EDGES MAGAZINE Issue 16

December 1998

I gave birth to ten children...
then went to
University


TO MOTHERS &
GRANDMOTHERS - ANNE IS AN INSPIRATION.
When I was a child my Grandma used to say, sometimes in frustration, that I was so stubborn and determined I would try the patience of the Saints. She also said that I would have letters behind my name one day to prove that determination. As I grew up, married and raised a family, I felt that maybe I had let her down. She died when my third child was born.

However, when my tenth child was ten years old, I started an A level course in English and Education Studies. At that stage I was not seriously thinking of taking it any further, but my children thought otherwise. It was they who sent for the Degree application forms to Lancashire Polytechnic (now the University) and they badgered me into sending them off. After discussing it with my youngest child who was in his first year at secondary school, it was he who decided for me "go for it mum", so I did.
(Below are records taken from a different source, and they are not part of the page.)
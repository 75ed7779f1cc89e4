ghost use Rattle.std.specs.Prelude.{◌≡◌, ◌≤◌, IfOk, replicate, set, None, Some};
ghost use Rattle.cs_report.specs.Entries.{Gives, IsLateEnough};
ghost use Rattle.cs_report.specs.Script.{Denotes, is_misplaced, is_too_late, nothing, numbered};
ghost use Rattle.cs_report.specs.Script.{said_behind, taken, with_entry};
ghost use Rattle.cs_report.specs.Seen.{entry_seen, form_seen};

use crate::entry::{Entry, entry_of};
use crate::form::{Form, form_of};
use crate::names::place_of;
use crate::script_fault::{ScriptError, ScriptFault};
use arrayvec::ArrayVec;
use cs_civil::{Day, Minute, Sequence};
use cs_history::Event;
use cs_plan::Plan;
use std::alloc::{AllocError, Global};
use std::marker::Model;

/// The lines of a script read so far: the stamps by job of the anacrontab, and the events with
/// their line numbers.
#[derive(Drop)]
pub(crate) struct PartialScript {
    pub(crate) start: Option<(Minute, bool)>,
    pub(crate) days: ArrayVec<Option<Day>, 64>,
    pub(crate) list: Sequence<(u32, Event)>,
}

impl Model for PartialScript {
    ghost use Rattle.cs_report.specs.Script.{PartialScript as Lines};

    ghost Value = { Lines };

    ghost view = { λ a. record { opening = a.start; stamps = a.days.items; events = a.list } };

    ghost use Rattle.cs_history.specs.Plan.{first_start};
    ghost use Rattle.std.specs.Prelude.{IfSome, ◌≤◌};

    ghost invariant = { λ a. IfSome a.start (λ opening. first_start ≤ opening.0) };
}

#[tactic(auto, using(crate::proofs::Stamps::one_none_more))]
fn no_stamps(count: usize) -> ArrayVec<Option<Day>, 64>
    requires { count ≤ 64 }
    ensures { result.items ≡ replicate count None }
{
    let mut stamps = ArrayVec::new();
    for _ in 0..count {
        stamps.push(None);
    }
    stamps
}

impl PartialScript {
    pub(crate) fn new(alloc: Global, plan: &Plan) -> PartialScript
        ensures { result ≡ nothing plan.now }
    {
        PartialScript {
            start: None,
            days: no_stamps(plan.anacrontab().lines().len()),
            list: Sequence::new(alloc),
        }
    }

    #[tactic(auto, unfolding(crate::specs::Script::is_too_late))]
    fn is_too_late(&self, plan: &Plan, identifier: &[u8]) -> bool
        ensures { result ≡ is_too_late plan.now self.now identifier.now }
    {
        if self.list.len() != 0 {
            return true;
        }
        match place_of(plan, identifier) {
            Some(place) => match self.days.get(place) {
                Some(stamp) => stamp.is_some(),
                None => false,
            },
            None => false,
        }
    }

    fn set_stamp(&mut self, place: usize, day: Day)
        ensures { self.new ≡ record self.old { stamps = set self.old.stamps place (Some day) } }
    {
        if place < self.days.len() {
            self.days.as_mut_slice()[place] = Some(day);
        }
    }

    fn is_misplaced(&self, plan: &Plan, form: &Form<'_>) -> bool
        ensures { result ≡ is_misplaced plan.now self.now (form_seen form.now) }
    {
        match form {
            Form::Start(_, _) => self.start.is_some(),
            Form::Stamp(identifier, _) => self.is_too_late(plan, identifier),
            Form::Minute(_)
            | Form::Up(_)
            | Form::Down
            | Form::Begin(_)
            | Form::Got(_, _)
            | Form::Catch(_)
            | Form::EndLine(_, _)
            | Form::EndJob(_, _) => false,
        }
    }

    #[tactic(auto, unfolding(crate::specs::Script::said_behind))]
    fn said(&self, plan: &Plan, line: &[u8]) -> Result<Entry, ScriptFault>
        ensures value { Gives entry_seen result (said_behind plan.now self.now line.now) }
        ensures late { IfOk result (λ x. IsLateEnough (entry_seen x)) }
    {
        let form = form_of(line).ok_or(ScriptFault::BadLine)?;
        if self.is_misplaced(plan, &form) {
            return Err(ScriptFault::BadLine);
        }
        let entry = entry_of(plan, form)?;
        if self.start.is_none() && !entry.is_start() {
            return Err(ScriptFault::NoStart);
        }
        Ok(entry)
    }

    fn add(&mut self, number: u32, entry: Entry) -> Result<(), AllocError>
        requires { IsLateEnough (entry_seen entry) }
        ensures { IfOk result (λ _. self.new ≡ with_entry number (entry_seen entry) self.old) }
    {
        match entry {
            Entry::Start(minute, up) => self.start = Some((minute, up)),
            Entry::Stamp(place, day) => self.set_stamp(place, day),
            Entry::Event(event) => self.list.push((number, event))?,
        }
        Ok(())
    }

    #[tactic(auto, unfolding(crate::specs::Script::taken))]
    pub(crate) fn take(&mut self, plan: &Plan, number: u32, line: &[u8]) -> Result<(), ScriptError>
        ensures { Denotes (λ _. self.new)
            (numbered number (taken plan.now number self.old line.now)) result }
    {
        if let [] | [b'#', ..] = line {
            return Ok(());
        }
        match self.said(plan, line) {
            Ok(entry) => {
                self.add(number, entry)?;
                Ok(())
            }
            Err(fault) => Err(ScriptError::At {
                line: number,
                fault,
            }),
        }
    }
}
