ghost use Rattle.std.specs.Prelude.{◌≡◌, ◌++◌, IfOk, OnOk, flat_map};
ghost use Rattle.cs_theorem.specs.Told.{told};
ghost use Rattle.cs_report.specs.Refused.{at_text, both_text, catch_up_name, collision_text, fault_text, from_name, group_name, kind_text, kinds_text, overload_text, place_text, rise_text, rule_text, start_of, then_text, unlisted_text, window_name, window_text};

use cs_civil::{
    Bytes, DayKind, FIRST_MINUTE, LAST_MINUTE, MINUTES_OF_DAY, Minute, date_text, push_number,
};
use cs_plan::{Plan, identifier_of, push_command_name, push_due_name};
use cs_theorem::CheckFault;
use cs_windows::Window;
use std::alloc::{AllocError, Global};

#[tactic(auto, unfolding(crate::specs::Refused::kind_text))]
fn push_kind(alloc: Global, text: &mut Vec<u8>, kind: DayKind) -> Result<(), AllocError>
    ensures { OnOk result (text.new.items ≡ text.old.items ++ kind_text kind) }
{
    text.extend_from_slice(b"month ")?;
    push_number(alloc, text, u128::from(kind.month()))?;
    text.extend_from_slice(b" day ")?;
    push_number(alloc, text, u128::from(kind.dom()))?;
    text.extend_from_slice(b" weekday ")?;
    push_number(alloc, text, u128::from(kind.dow()))
}

fn push_following(alloc: Global, text: &mut Vec<u8>, kinds: &[DayKind]) -> Result<(), AllocError>
    ensures { OnOk result (text.new.items ≡ text.old.items ++ flat_map then_text kinds.now) }
{
    for kind in kinds {
        text.extend_from_slice(b" then ")?;
        push_kind(alloc, text, *kind)?;
    }
    Ok(())
}

#[tactic(auto, unfolding(crate::specs::Refused::kinds_text))]
fn push_kinds(alloc: Global, text: &mut Vec<u8>, kinds: &[DayKind]) -> Result<(), AllocError>
    ensures { OnOk result (text.new.items ≡ text.old.items ++ kinds_text kinds.now) }
{
    match kinds {
        [first, following @ ..] => {
            push_kind(alloc, text, *first)?;
            push_following(alloc, text, following)
        }
        [] => Ok(()),
    }
}

#[tactic(auto, unfolding(crate::specs::Refused::at_text))]
fn push_at(text: &mut Vec<u8>, at: Minute) -> Result<(), AllocError>
    ensures { OnOk result (text.new.items ≡ text.old.items ++ at_text at) }
{
    text.extend_from_slice(b" at ")?;
    text.extend_from_slice(&date_text(at))
}

#[tactic(auto, unfolding(crate::specs::Refused::from_name))]
fn push_from(text: &mut Vec<u8>, plan: &Plan, job: usize) -> Result<(), AllocError>
    ensures { OnOk result (text.new.items ≡ text.old.items ++ from_name plan.now job) }
{
    text.extend_from_slice(b" of ")?;
    text.extend_from_slice(identifier_of(plan, job))?;
    text.extend_from_slice(b" from ")
}

#[tactic(auto, unfolding(crate::specs::Refused::catch_up_name))]
fn push_catch_up(text: &mut Vec<u8>, plan: &Plan, job: usize) -> Result<(), AllocError>
    ensures { OnOk result (text.new.items ≡ text.old.items ++ catch_up_name plan.now job) }
{
    text.extend_from_slice(b"catch-up")?;
    push_from(text, plan, job)
}

fn push_window_name(
    alloc: Global,
    text: &mut Vec<u8>,
    plan: &Plan,
    job: usize,
) -> Result<(), AllocError>
    ensures { OnOk result (text.new.items ≡ text.old.items ++ window_name plan.now job) }
{
    if job < plan.crons() {
        push_due_name(alloc, text, plan, job)
    } else {
        push_catch_up(text, plan, job)
    }
}

fn start_of(at: Minute, window: &Window) -> Minute
    ensures { result ≡ start_of at window.now }
{
    let day = u64::from(MINUTES_OF_DAY);
    let start = day * at.day().number() + u64::from(window.from);
    let start = start.saturating_sub(day * u64::from(window.day_back));
    Minute::new(start.max(FIRST_MINUTE).min(LAST_MINUTE)).unwrap()
}

/// Adds a window: its job and its first minute.
#[tactic(auto, unfolding(crate::specs::Refused::window_text))]
pub fn push_window(
    alloc: Global,
    text: &mut Vec<u8>,
    plan: &Plan,
    at: Minute,
    window: &Window,
) -> Result<(), AllocError>
    ensures { OnOk result (text.new.items ≡ text.old.items ++ window_text plan.now at window.now) }
{
    push_window_name(alloc, text, plan, usize::from(window.job))?;
    text.extend_from_slice(&date_text(start_of(at, window)))
}

#[tactic(auto, unfolding(crate::specs::Refused::both_text))]
fn push_both(
    alloc: Global,
    text: &mut Vec<u8>,
    plan: &Plan,
    at: Minute,
    one: &Window,
    other: &Window,
) -> Result<(), AllocError>
    ensures { OnOk result (text.new.items
        ≡ text.old.items ++ both_text plan.now at one.now other.now) }
{
    push_window(alloc, text, plan, at, one)?;
    text.extend_from_slice(b" and ")?;
    push_window(alloc, text, plan, at, other)
}

/// Nothing if there is no such group.
fn group_name(plan: &Plan, group: usize) -> &[u8]
    ensures { result.now ≡ group_name plan.now group }
{
    match plan.groups().get(group) {
        Some(group) => group.name(),
        None => b"",
    }
}

#[tactic(auto, unfolding(crate::specs::Refused::rise_text))]
fn push_rise(text: &mut Vec<u8>, plan: &Plan, group: usize, at: Minute) -> Result<(), AllocError>
    ensures { OnOk result (text.new.items ≡ text.old.items ++ rise_text plan.now group at) }
{
    let name = group_name(plan, group);
    text.extend_from_slice(b"group ")?;
    text.extend_from_slice(name)?;
    push_at(text, at)
}

#[tactic(auto, unfolding(crate::specs::Refused::unlisted_text))]
fn push_unlisted(
    alloc: Global,
    text: &mut Vec<u8>,
    plan: &Plan,
    window: &Window,
    at: Minute,
) -> Result<(), AllocError>
    ensures { OnOk result (text.new.items
        ≡ text.old.items ++ unlisted_text plan.now window.now at) }
{
    push_window(alloc, text, plan, at, window)?;
    push_at(text, at)
}

#[tactic(auto, unfolding(crate::specs::Refused::collision_text))]
fn push_collision(
    alloc: Global,
    text: &mut Vec<u8>,
    plan: &Plan,
    at: Minute,
    one: &Window,
    other: &Window,
) -> Result<(), AllocError>
    ensures { OnOk result (text.new.items
        ≡ text.old.items ++ collision_text plan.now at one.now other.now) }
{
    push_both(alloc, text, plan, at, one, other)?;
    text.extend_from_slice(b" meet")?;
    push_at(text, at)
}

#[tactic(auto, unfolding(crate::specs::Refused::overload_text))]
fn push_overload(
    alloc: Global,
    text: &mut Vec<u8>,
    plan: &Plan,
    at: Minute,
    load: u128,
) -> Result<(), AllocError>
    ensures { OnOk result (text.new.items ≡ text.old.items ++ overload_text plan.now at load) }
{
    push_number(alloc, text, load)?;
    text.extend_from_slice(b" of ")?;
    push_number(alloc, text, u128::from(plan.capacity()))?;
    push_at(text, at)
}

fn rule_text(fault: &CheckFault) -> &'static str
    ensures { result.now ≡ rule_text (told fault.now) }
{
    match fault {
        CheckFault::ClassNotDue(_) => "refused 1 ClassNotDue: ",
        CheckFault::MissingPair(_) => "refused 2 MissingPair: ",
        CheckFault::BacklogRises { group: _, at: _ } => "refused 3 BacklogRises: ",
        CheckFault::ReachTooShort { job: _ } => "refused 4 ReachTooShort: ",
        CheckFault::WindowMissing { window: _, at: _ } => "refused 5 WindowMissing: ",
        CheckFault::Collision {
            at: _,
            one: _,
            other: _,
        } => "refused 6 Collision: ",
        CheckFault::OverCapacity { at: _, load: _ } => "refused 7 OverCapacity: ",
        CheckFault::SkipBlocked {
            at: _,
            skip: _,
            other: _,
        } => "refused 8 SkipBlocked: ",
    }
}

fn push_place(
    alloc: Global,
    text: &mut Vec<u8>,
    plan: &Plan,
    fault: &CheckFault,
) -> Result<(), AllocError>
    ensures { OnOk result (text.new.items
        ≡ text.old.items ++ place_text plan.now (told fault.now)) }
{
    match fault {
        CheckFault::ClassNotDue(kind) => push_kind(alloc, text, *kind),
        CheckFault::MissingPair(kinds) => push_kinds(alloc, text, kinds.as_slice()),
        CheckFault::BacklogRises { group, at } => push_rise(text, plan, *group, *at),
        CheckFault::ReachTooShort { job } => push_command_name(alloc, text, plan, *job),
        CheckFault::WindowMissing { window, at } => push_unlisted(alloc, text, plan, window, *at),
        CheckFault::Collision { at, one, other } => {
            push_collision(alloc, text, plan, *at, one, other)
        }
        CheckFault::OverCapacity { at, load } => push_overload(alloc, text, plan, *at, *load),
        CheckFault::SkipBlocked { at, skip, other } => {
            push_both(alloc, text, plan, *at, skip, other)
        }
    }
}

/// Formats why a certificate is refused, in one line without a newline: the rule by number and
/// name, then the place.
///
/// A window is `line N due DT` or `catch-up of ID from DT`, and DT is `YYYY-MM-DD HH:MM`.
#[tactic(auto, unfolding(crate::specs::Refused::fault_text))]
pub fn fault_text(alloc: Global, plan: &Plan, fault: &CheckFault) -> Result<Bytes, AllocError>
    ensures { IfOk result (λ text. text ≡ fault_text plan.now (told fault.now)) }
{
    let mut text = Vec::new(alloc);
    text.extend_from_slice(rule_text(fault).as_bytes())?;
    push_place(alloc, &mut text, plan, fault)?;
    Ok(Bytes::from_vec(text))
}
I had one distressing interview with a lecturer who told me to go home and forget it, to which I replied that I had made up my mind and nothing was going to stop me. Another lecturer encouraged me. The interview was unnecessary, as I had already been offered a place. So at fifty years of age and after spending twenty-eight years raising a family, I began three years of hard work and study. It was often one and two o'clock in the morning before I got to bed. I spent hours in the library researching for my English and History assignments. Sadly, my mother died three months into my studies, and it was a great loss to our family. I could not have coped without the help of my eighteen year old daughter, who took on the shopping and cooking and who shared with me, the care of my granddaughter whilst my eldest daughter worked. My husband and family supported me throughout, and not just they, but friends I had made at college. In my second year, I had an accident resulting in a back injury. I spent eight weeks, mostly flat on my back, during which time, another daughter who was a nurse, called in on her way to or from work to attend me. A friend from Preston drove in every week to bring me lecture notes, and when I returned my fellow students gave me lots of support, as did the physiotherapist at the hospital fitting in my sessions to suit me.

After all the gruelling work came the final dissertation - ten thousand words. I stayed up until five o'clock in the morning typing it up myself to save money. I was exhausted but triumphant - it was over. Three years of happiness, sadness, frustration but above all a sense of achievement, and also gratitude to all those who had made it possible. With their support and my own determination I had succeeded. Sadly, my mother and grandma couldn't share it. But to my grandma - "this is for you : letters BA (Hons) behind my name".